◆ RECORDS FOR THIS EXERCISE ◆
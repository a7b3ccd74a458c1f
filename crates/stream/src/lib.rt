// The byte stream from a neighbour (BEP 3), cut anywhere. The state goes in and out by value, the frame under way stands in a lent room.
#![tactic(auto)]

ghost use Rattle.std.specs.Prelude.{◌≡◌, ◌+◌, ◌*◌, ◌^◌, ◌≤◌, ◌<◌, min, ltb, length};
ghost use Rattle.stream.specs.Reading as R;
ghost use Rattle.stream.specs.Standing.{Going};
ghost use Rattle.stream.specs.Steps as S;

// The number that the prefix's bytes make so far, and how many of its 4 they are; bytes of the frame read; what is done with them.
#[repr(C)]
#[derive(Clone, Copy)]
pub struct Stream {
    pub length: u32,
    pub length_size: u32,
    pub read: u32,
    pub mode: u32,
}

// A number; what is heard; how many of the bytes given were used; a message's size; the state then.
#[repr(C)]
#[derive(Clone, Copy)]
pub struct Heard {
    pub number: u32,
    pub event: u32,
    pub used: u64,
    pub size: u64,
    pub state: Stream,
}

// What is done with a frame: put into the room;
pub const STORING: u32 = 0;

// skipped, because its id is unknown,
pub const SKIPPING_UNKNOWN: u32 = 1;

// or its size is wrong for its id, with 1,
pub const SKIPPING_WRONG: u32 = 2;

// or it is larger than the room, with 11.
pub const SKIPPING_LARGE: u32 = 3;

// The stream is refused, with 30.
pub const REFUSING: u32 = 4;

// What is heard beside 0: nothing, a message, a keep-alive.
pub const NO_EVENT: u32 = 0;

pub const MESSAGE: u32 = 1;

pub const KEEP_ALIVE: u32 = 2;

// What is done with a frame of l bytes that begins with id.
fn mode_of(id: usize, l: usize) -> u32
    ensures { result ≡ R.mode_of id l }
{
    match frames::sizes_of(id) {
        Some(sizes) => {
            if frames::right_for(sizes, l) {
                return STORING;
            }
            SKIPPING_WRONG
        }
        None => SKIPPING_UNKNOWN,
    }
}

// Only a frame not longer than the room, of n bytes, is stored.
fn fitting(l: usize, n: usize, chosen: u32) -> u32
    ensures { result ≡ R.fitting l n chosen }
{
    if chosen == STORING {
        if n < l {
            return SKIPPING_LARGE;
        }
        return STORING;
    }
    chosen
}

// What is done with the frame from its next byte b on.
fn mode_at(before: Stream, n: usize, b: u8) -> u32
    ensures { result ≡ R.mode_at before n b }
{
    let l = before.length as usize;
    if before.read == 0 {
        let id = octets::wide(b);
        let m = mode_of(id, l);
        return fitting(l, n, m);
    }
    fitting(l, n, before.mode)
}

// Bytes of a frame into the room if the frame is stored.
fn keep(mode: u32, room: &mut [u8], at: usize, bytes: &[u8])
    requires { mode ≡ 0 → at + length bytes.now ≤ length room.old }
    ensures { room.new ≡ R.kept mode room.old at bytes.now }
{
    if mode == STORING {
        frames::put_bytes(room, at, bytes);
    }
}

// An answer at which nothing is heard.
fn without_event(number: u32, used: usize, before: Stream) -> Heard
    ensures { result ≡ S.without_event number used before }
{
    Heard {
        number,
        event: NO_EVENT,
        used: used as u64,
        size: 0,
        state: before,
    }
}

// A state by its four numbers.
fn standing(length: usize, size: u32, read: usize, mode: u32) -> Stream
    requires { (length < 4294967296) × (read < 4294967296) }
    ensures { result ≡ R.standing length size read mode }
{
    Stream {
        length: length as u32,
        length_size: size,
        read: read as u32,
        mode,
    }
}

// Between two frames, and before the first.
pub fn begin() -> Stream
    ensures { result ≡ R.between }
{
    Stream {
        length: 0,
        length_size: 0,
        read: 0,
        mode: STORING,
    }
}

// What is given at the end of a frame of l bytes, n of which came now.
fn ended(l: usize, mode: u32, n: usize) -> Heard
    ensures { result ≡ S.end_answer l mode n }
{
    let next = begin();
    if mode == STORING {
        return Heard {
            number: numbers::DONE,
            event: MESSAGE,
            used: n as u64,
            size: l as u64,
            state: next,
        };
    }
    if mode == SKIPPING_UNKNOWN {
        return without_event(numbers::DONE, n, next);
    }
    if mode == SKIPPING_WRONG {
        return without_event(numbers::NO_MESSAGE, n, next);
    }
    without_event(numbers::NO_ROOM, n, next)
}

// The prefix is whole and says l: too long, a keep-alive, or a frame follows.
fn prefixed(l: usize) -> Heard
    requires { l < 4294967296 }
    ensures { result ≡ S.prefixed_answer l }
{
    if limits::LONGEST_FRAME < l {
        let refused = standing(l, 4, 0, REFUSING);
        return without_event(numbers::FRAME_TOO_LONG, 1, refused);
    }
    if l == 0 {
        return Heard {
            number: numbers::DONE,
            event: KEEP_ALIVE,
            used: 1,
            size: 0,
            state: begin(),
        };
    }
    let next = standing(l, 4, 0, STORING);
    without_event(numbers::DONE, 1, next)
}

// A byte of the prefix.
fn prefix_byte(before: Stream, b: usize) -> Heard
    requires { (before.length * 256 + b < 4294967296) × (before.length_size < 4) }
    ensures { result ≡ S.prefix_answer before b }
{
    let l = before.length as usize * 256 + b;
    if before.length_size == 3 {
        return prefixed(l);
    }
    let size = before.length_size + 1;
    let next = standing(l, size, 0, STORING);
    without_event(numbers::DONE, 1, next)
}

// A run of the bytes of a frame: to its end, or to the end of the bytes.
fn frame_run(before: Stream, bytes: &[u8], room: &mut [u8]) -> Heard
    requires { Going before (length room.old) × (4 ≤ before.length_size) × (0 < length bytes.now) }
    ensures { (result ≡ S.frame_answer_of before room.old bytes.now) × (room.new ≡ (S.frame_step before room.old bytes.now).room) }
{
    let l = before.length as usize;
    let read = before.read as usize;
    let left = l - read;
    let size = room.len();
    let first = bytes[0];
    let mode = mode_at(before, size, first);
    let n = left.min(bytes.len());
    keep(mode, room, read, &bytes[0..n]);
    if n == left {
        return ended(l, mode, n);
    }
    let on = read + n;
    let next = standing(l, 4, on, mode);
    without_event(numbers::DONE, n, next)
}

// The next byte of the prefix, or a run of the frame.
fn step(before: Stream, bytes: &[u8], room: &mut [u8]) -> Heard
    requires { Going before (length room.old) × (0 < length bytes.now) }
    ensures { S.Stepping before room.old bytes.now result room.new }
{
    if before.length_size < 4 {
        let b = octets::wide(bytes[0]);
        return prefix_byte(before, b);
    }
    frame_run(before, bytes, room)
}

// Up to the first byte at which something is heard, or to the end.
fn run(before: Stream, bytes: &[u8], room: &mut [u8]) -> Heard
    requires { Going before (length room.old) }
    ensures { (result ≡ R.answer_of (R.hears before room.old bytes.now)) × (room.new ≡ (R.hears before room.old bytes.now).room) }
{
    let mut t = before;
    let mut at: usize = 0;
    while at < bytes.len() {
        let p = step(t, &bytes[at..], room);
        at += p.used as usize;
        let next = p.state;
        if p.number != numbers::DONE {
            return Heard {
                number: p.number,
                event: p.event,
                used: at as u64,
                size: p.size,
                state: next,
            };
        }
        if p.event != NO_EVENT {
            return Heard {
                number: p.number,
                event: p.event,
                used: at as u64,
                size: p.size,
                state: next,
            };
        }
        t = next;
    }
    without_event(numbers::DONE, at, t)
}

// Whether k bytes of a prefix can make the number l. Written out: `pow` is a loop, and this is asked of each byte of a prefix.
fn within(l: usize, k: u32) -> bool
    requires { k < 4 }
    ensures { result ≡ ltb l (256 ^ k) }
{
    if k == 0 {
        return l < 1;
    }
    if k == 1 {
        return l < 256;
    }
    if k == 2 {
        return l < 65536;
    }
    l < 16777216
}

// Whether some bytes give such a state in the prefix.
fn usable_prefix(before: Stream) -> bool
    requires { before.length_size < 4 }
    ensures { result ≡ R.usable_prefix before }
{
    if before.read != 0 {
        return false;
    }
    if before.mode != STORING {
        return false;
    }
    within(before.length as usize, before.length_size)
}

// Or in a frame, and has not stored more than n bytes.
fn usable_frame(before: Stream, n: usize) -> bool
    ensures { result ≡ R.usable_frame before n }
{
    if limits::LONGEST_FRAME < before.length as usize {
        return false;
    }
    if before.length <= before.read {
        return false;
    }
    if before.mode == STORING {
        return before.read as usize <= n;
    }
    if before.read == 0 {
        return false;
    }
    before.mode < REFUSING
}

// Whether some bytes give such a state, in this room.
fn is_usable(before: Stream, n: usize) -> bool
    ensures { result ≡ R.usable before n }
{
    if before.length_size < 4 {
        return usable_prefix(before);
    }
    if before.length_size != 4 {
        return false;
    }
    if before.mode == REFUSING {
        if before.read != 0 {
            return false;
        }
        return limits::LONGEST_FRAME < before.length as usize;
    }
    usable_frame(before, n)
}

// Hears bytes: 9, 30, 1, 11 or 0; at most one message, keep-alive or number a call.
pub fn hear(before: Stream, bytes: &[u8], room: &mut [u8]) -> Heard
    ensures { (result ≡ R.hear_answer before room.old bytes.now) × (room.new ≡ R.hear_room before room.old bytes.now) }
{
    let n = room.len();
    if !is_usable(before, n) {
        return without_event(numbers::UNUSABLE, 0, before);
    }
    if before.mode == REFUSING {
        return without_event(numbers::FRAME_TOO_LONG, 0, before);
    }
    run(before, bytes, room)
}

◆ TASK TO CARRY OUT ◆
When you reach the line holding "if before.length_size == 3" in the records above, begin reproducing exactly, stop after the line holding "of the frame.", and output nothing else.

◆ WRITTEN REPLY ◆
    if before.length_size == 3 {
        return prefixed(l);
    }
    let size = before.length_size + 1;
    let next = standing(l, size, 0, STORING);
    without_event(numbers::DONE, 1, next)
}

// A run of the bytes of a frame: to its end, or to the end of the bytes.
fn frame_run(before: Stream, bytes: &[u8], room: &mut [u8]) -> Heard
    requires { Going before (length room.old) × (4 ≤ before.length_size) × (0 < length bytes.now) }
    ensures { (result ≡ S.frame_answer_of before room.old bytes.now) × (room.new ≡ (S.frame_step before room.old bytes.now).room) }
{
    let l = before.length as usize;
    let read = before.read as usize;
    let left = l - read;
    let size = room.len();
    let first = bytes[0];
    let mode = mode_at(before, size, first);
    let n = left.min(bytes.len());
    keep(mode, room, read, &bytes[0..n]);
    if n == left {
        return ended(l, mode, n);
    }
    let on = read + n;
    let next = standing(l, 4, on, mode);
    without_event(numbers::DONE, n, next)
}

// The next byte of the prefix, or a run of the frame.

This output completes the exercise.